Problem statement: Of the lines below, copy those that hold the word "with".

(Items from a dataset)

==================================================

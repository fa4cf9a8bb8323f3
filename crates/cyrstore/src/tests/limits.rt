// Keys, values and files at their limits.
use super::cases::{action_words, host_of, status_of};
use base_bytes::{FLAT_LIMIT, KEY_LIMIT, VALUE_LIMIT};
use disk_kinds::{MemDisk, MemHost};
use std::alloc::Global;
use std::process::Abort;
use std::test::Fail;

// What a run needs besides the text of the file.
const MORE: u64 = 200_000;

// A host with room for a file at the limit, and for one more of its size.
fn large_host(alloc: Global, main: &[u8]) -> Result<MemHost, Fail> {
    let room = FLAT_LIMIT + MORE;
    if main.len() as u64 > room {
        return Err("the file is too long for the test".into());
    }
    let disk = MemDisk::new(alloc, Some(main), room, &[])?;
    Ok(MemHost::new(alloc, disk, MORE, &[])?)
}

// The words `cyr_dbtool f flat set KEY VALUE`.
fn set_words(alloc: Global, make: bool, key: &str, value: &str) -> Result<Vec<String>, Fail> {
    let mut words = action_words(alloc, make, "set")?;
    words.push(String::from_str(alloc, key)?)?;
    words.push(String::from_str(alloc, value)?)?;
    Ok(words)
}

// The bytes of a key and a value as a line.
fn add_line(text: &mut Vec<u8>, key: &str, value: &[u8]) -> Result<(), Fail> {
    text.extend_from_slice(key.as_bytes())?;
    text.push(b'\t')?;
    text.extend_from_slice(value)?;
    text.push(b'\n')?;
    Ok(())
}

// A key at the limit is taken, and the next one is refused; the file was made before.
#[test]
fn key_limit(rt: HostRuntime) -> Result<(), Fail> {
    let alloc = rt.alloc();
    let key = "k".repeat(alloc, KEY_LIMIT as usize)?;
    let mut line = Vec::new(alloc);
    add_line(&mut line, key.as_str(), b"v")?;
    for main in [None, Some(b"".as_slice())] {
        let mut host = host_of(alloc, main, &[], &[])?;
        let words = set_words(alloc, true, key.as_str(), "v")?;
        assert_eq!(rt; status_of(alloc, &words, &mut host)?, 0);
        assert_eq!(rt; host.disk().main(), Some(line.as_slice()));

        let mut host = host_of(alloc, main, &[], &[])?;
        let longer = "k".repeat(alloc, KEY_LIMIT as usize + 1)?;
        let words = set_words(alloc, true, longer.as_str(), "v")?;
        assert_eq!(rt; status_of(alloc, &words, &mut host)?, 70);
        assert_eq!(rt; host.warned(), b"limit key: 65535\n".as_slice());
        assert_eq!(rt; host.disk().main(), Some(b"".as_slice()));
    }
    Ok(())
}

// No pair has a longer key, so that it is neither found nor deleted.
#[test]
fn longer_key_is_absent(rt: HostRuntime) -> Result<(), Fail> {
    let alloc = rt.alloc();
    let key = "k".repeat(alloc, KEY_LIMIT as usize + 1)?;
    for (action, status) in [("get", 1), ("delete", 0)] {
        let mut words = action_words(alloc, false, action)?;
        words.push(String::from_str(alloc, key.as_str())?)?;
        let mut host = host_of(alloc, Some(b"k\t1"), &[], &[])?;
        assert_eq!(rt; status_of(alloc, &words, &mut host)?, status, "{action}");
        assert_eq!(rt; host.warned(), b"".as_slice());
        assert_eq!(rt; host.disk().main(), Some(b"k\t1".as_slice()));
    }
    Ok(())
}

#[test]
fn value_limit(rt: HostRuntime) -> Result<(), Fail> {
    let alloc = rt.alloc();
    let value = "v".repeat(alloc, VALUE_LIMIT as usize + 1)?;
    let words = set_words(alloc, false, "b", value.as_str())?;
    let mut host = host_of(alloc, Some(b"a\t1"), &[], &[])?;
    assert_eq!(rt; status_of(alloc, &words, &mut host)?, 70);
    assert_eq!(rt; host.warned(), b"limit value: 16777217\n".as_slice());
    assert_eq!(rt; host.disk().main(), Some(b"a\t1".as_slice()));
    Ok(())
}

// A run over a large file: its status, what is warned, and what the file then reads.
fn assert_large(
    rt: &impl Abort,
    alloc: Global,
    main: &[u8],
    words: &[String],
    wanted: (u8, &str, &[u8]),
) -> Result<(), Fail> {
    let (status, warned, left) = wanted;
    let mut host = large_host(alloc, main)?;
    assert_eq!(rt; status_of(alloc, words, &mut host)?, status);
    assert_eq!(rt; host.warned(), warned.as_bytes());
    assert!(rt; host.disk().main() == Some(left), "another file");
    Ok(())
}

// A value at the limit.
fn long_value(rt: &impl Abort, alloc: Global) -> Result<String, Fail> {
    let value = "vvvvvvvvvvvvvvvv".repeat(alloc, 1_048_576)?;
    assert_eq!(rt; value.len() as u64, VALUE_LIMIT);
    Ok(value)
}

// A text with a line of a long value for each key.
fn long_lines(alloc: Global, keys: &[&str], value: &str) -> Result<Vec<u8>, Fail> {
    let mut text = Vec::new(alloc);
    for key in keys {
        add_line(&mut text, key, value.as_bytes())?;
    }
    Ok(text)
}

const LONG: [&str; 3] = ["p", "q", "r"];

// Three values at the limit find room in a file.
#[test]
fn three_long_values_are_put(rt: HostRuntime) -> Result<(), Fail> {
    let alloc = rt.alloc();
    let value = long_value(&rt, alloc)?;
    let mut text = Vec::new(alloc);
    for key in LONG {
        let words = set_words(alloc, false, key, value.as_str())?;
        let mut longer = text.clone()?;
        add_line(&mut longer, key, value.as_bytes())?;
        assert_large(&rt, alloc, &text, &words, (0, "", &longer))?;
        text = longer;
    }
    assert_eq!(rt; text.len(), 50_331_657);
    Ok(())
}

#[test]
fn fourth_long_value_is_refused(rt: HostRuntime) -> Result<(), Fail> {
    let alloc = rt.alloc();
    let value = long_value(&rt, alloc)?;
    let text = long_lines(alloc, &LONG, value.as_str())?;
    let words = set_words(alloc, false, "s", value.as_str())?;
    let wanted = (70, "limit file: 67108876\n", text.as_slice());
    assert_large(&rt, alloc, &text, &words, wanted)
}

// A byte that has to be escaped takes two in the new text, also where a pair is deleted.
#[test]
fn longer_text_is_refused(rt: HostRuntime) -> Result<(), Fail> {
    let alloc = rt.alloc();
    let mut text = Vec::new(alloc);
    add_line(&mut text, "a", &vec![in alloc; b'\r'; 40_000_000]?)?;
    add_line(&mut text, "b", b"1")?;
    assert_eq!(rt; text.len(), 40_000_007);
    let words = action_words(alloc, false, "delete b")?;
    let wanted = (70, "limit file: 80000003\n", text.as_slice());
    assert_large(&rt, alloc, &text, &words, wanted)
}

// A text of one line with so many bytes.
fn text_of(alloc: Global, size: usize) -> Result<Vec<u8>, Fail> {
    let mut text = vec![in alloc; b'v'; size]?;
    if size < 3 {
        return Err("too short for a line".into());
    }
    text[0] = b'a';
    text[1] = b'\t';
    text[size - 1] = b'\n';
    Ok(text)
}

// The size of the file, an action, the status, what is told and warned, and what is added to the file.
type Size = (
    u64,
    &'static str,
    u8,
    &'static str,
    &'static str,
    &'static [u8],
);

fn assert_size(rt: &impl Abort, alloc: Global, row: Size) -> Result<(), Fail> {
    let (size, action, status, told, warned, added) = row;
    let mut text = text_of(alloc, size as usize)?;
    let mut host = large_host(alloc, &text)?;
    let words = action_words(alloc, false, action)?;
    assert_eq!(rt; status_of(alloc, &words, &mut host)?, status);
    assert_eq!(rt; host.told(), told.as_bytes());
    assert_eq!(rt; host.warned(), warned.as_bytes());
    text.extend_from_slice(added)?;
    assert!(rt; host.disk().main() == Some(text.as_slice()), "another file");
    Ok(())
}

#[test]
fn longest_text_is_written(rt: HostRuntime) -> Result<(), Fail> {
    let row: Size = (FLAT_LIMIT - 4, "set b 1", 0, "", "", b"b\t1\n");
    assert_size(&rt, rt.alloc(), row)
}

#[test]
fn text_over_the_limit_is_refused(rt: HostRuntime) -> Result<(), Fail> {
    let limit = "limit file: 67108865\n";
    let row: Size = (FLAT_LIMIT - 3, "set b 1", 70, "", limit, b"");
    assert_size(&rt, rt.alloc(), row)
}

#[test]
fn longest_file_has_no_room(rt: HostRuntime) -> Result<(), Fail> {
    let limit = "limit file: 67108868\n";
    let row: Size = (FLAT_LIMIT, "set b 1", 70, "", limit, b"");
    assert_size(&rt, rt.alloc(), row)
}

#[test]
fn longest_file_is_consistent(rt: HostRuntime) -> Result<(), Fail> {
    let row: Size = (FLAT_LIMIT, "consistent", 0, "consistent\n", "", b"");
    assert_size(&rt, rt.alloc(), row)
}

// A file over the limit is not read, not even for an empty key.
#[test]
fn file_over_the_limit_is_refused(rt: HostRuntime) -> Result<(), Fail> {
    let alloc = rt.alloc();
    let text = text_of(alloc, FLAT_LIMIT as usize + 1)?;
    let mut host = large_host(alloc, &text)?;
    for action in ["show", "get ", "set b 1", "delete a", "consistent"] {
        let words = action_words(alloc, false, action)?;
        assert_eq!(rt; status_of(alloc, &words, &mut host)?, 70, "{action}");
    }
    let warned = "limit file: 67108865\n".repeat(alloc, 5)?;
    assert_eq!(rt; host.warned(), warned.as_bytes());
    assert_eq!(rt; host.told(), b"".as_slice());
    assert!(rt; host.disk().main() == Some(text.as_slice()), "another file");
    Ok(())
}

==================================================

Exercise result:
// A host with room for a file at the limit, and for one more of its size.
// A text with a line of a long value for each key.
// A text of one line with so many bytes.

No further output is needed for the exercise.